# Work item:
Check every line below for the word "symbols" and show those that hold it.

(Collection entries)
ghost use Rattle.std.specs.Prelude.{ℕ, ◌≤◌, List, [], ◌∷◌, length, Some, OnOk};
ghost use Rattle.plc_io.specs.Moments.{FilesAt};
ghost use Rattle.s7_cli.specs.BoundSays.{RecheckSays};
ghost use Rattle.s7_cli.specs.BoundTexts.{IsCertificateOfImage};
ghost use Rattle.s7_cli.specs.Command.{Recheck};
ghost use Rattle.s7_cli.specs.Ends.{EndsWithStatus, sink_moments};
ghost use Rattle.s7_cli.specs.Inner.{ComesBeforeLine, CommandComesTo, SaysRefusal};
ghost use Rattle.s7_cli.specs.Reading.{disk_moments};
ghost use Rattle.s7_cli.specs.StatusTable.{StatusTable};

use crate::command_checks::loaded_image;
use crate::failures::{ExitStatus, Failure, File};
use crate::files::read_file;
use crate::finish::{OK_LINE, end_command, write_text};
use plc_io::{Files, Sink};
use stack_bound::{holds, read_certificate};
use std::alloc::Global;

/// Checks an image, and then a certificate of it.
fn check_recheck(alloc: Global, image: &[u8], certificate: &[u8]) -> Result<(), Failure>
    requires { length certificate.now ≤ 4194304 }
    ensures holds { OnOk result (IsCertificateOfImage image.now certificate.now) }
    ensures refused { SaysRefusal (RecheckSays image.now certificate.now) result }
{
    let loaded = loaded_image(alloc, image)?;
    let list = read_certificate(alloc, &loaded, certificate)?;
    if holds(&loaded, &list) {
        return Ok(());
    }
    Err(Failure::SaysNo)
}

/// Checks an image and a certificate, and writes `OK`.
fn recheck_image<K: Sink>(
    alloc: Global,
    image: &[u8],
    certificate: &[u8],
    out: &mut K,
) -> Result<(), Failure>
    requires { length certificate.now ≤ 4194304 }
    ensures { let took = sink_moments (K.shown out.old) (K.shown out.new) in
        (img cert : List ℕ) (at : FilesAt)
        → CommandComesTo (Recheck img cert) (image.now ∷ certificate.now ∷ [])
        (disk_moments at at) took result }
{
    check_recheck(alloc, image, certificate)?;
    write_text(out, OK_LINE)
}

/// Reads an image and a certificate, checks both, and writes `OK`.
fn recheck<F: Files, K: Sink>(
    alloc: Global,
    img: &str,
    cert: &str,
    files: &mut F,
    out: &mut K,
) -> Result<(), Failure>
    ensures { let went = disk_moments (F.shown files.old) (F.shown files.new) in
        let took = sink_moments (K.shown out.old) (K.shown out.new) in
        ComesBeforeLine (Some (Recheck img.now cert.now)) went took result }
{
    let image = read_file(alloc, files, File::Image, img)?;
    let certificate = read_file(alloc, files, File::Certificate, cert)?;
    recheck_image(alloc, &image, &certificate, out)
}

/// Loads the image in the file `img`, reads the certificate in the file `cert`, and writes `OK`
/// where it holds of the image, else the line of a refusal, or that it says no. Where the status is
/// 0, no valid history of the image leads to a STOP by block depth or local data.
pub fn cmd_recheck<F: Files, K: Sink>(
    alloc: Global,
    img: &str,
    cert: &str,
    files: &mut F,
    out: &mut K,
) -> ExitStatus
    ensures ends { let went = disk_moments (F.shown files.old) (F.shown files.new) in
        EndsWithStatus (Some (Recheck img.now cert.now)) went
        (sink_moments (K.shown out.old) (K.shown out.new)) result.code }
    ensures table { let went = disk_moments (F.shown files.old) (F.shown files.new) in
        StatusTable (Some (Recheck img.now cert.now)) went
        (sink_moments (K.shown out.old) (K.shown out.new)) result.code }
{
    let came = recheck(alloc, img, cert, files, out);
    end_command(out, came)
}
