/// A word that doesn't begin with a hyphen is plain, and so is `-` alone. Plain words are read by
/// the first of them, as the command, and by those behind it: a call without options, or none.
/// Behind `--` at the front all words are read so, whatever they begin with. `--symbols FILE` or
/// `--steps N` may stand in any place among plain words, and adds that option to the call of the
/// others: as two words, with a plain value, or as a single one, `--symbols=FILE` or `--steps=N`,
/// with any value. Where `--symbols` or `--steps` is the last word, plain words before it are
/// refused. The numbers of a call, and how many scripts it has, are within their limits, and the
/// two files that `list` writes have different names.
pub fn law_of_words()
    ensures plain { ReadsPlainWords }
    ensures behind_dashes { ReadsWordsBehindDashes }
    ensures symbols { ReadsSymbolsAnywhere }
    ensures steps { ReadsStepsAnywhere }
    ensures german { ReadsGermanAnywhere }
    ensures no_value { RefusesNoValue }
    ensures limits { CommandsKeepLimits }
{}
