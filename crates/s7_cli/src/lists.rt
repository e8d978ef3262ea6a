//! Adding to a list of whatever elements.
ghost use Rattle.std.specs.Prelude.{◌≡◌, ◌++◌, [], ◌∷◌, OnOk};

use std::alloc::AllocError;

/// Adds an element to a list. It is generic because no proof is found of std's own call at a
/// type that holds requests.
pub fn add<T: Drop>(list: &mut Vec<T>, element: T) -> Result<(), AllocError>
    ensures { OnOk result (list.new.items ≡ list.old.items ++ element ∷ []) }
{
    list.push(element)?;
    Ok(())
}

# Output of the exercise:
/// Behind `--` at the front all words are read so, whatever they begin with. `--symbols FILE` or
/// others: as two words, with a plain value, or as a single one, `--symbols=FILE` or `--steps=N`,
/// with any value. Where `--symbols` or `--steps` is the last word, plain words before it are
    ensures symbols { ReadsSymbolsAnywhere }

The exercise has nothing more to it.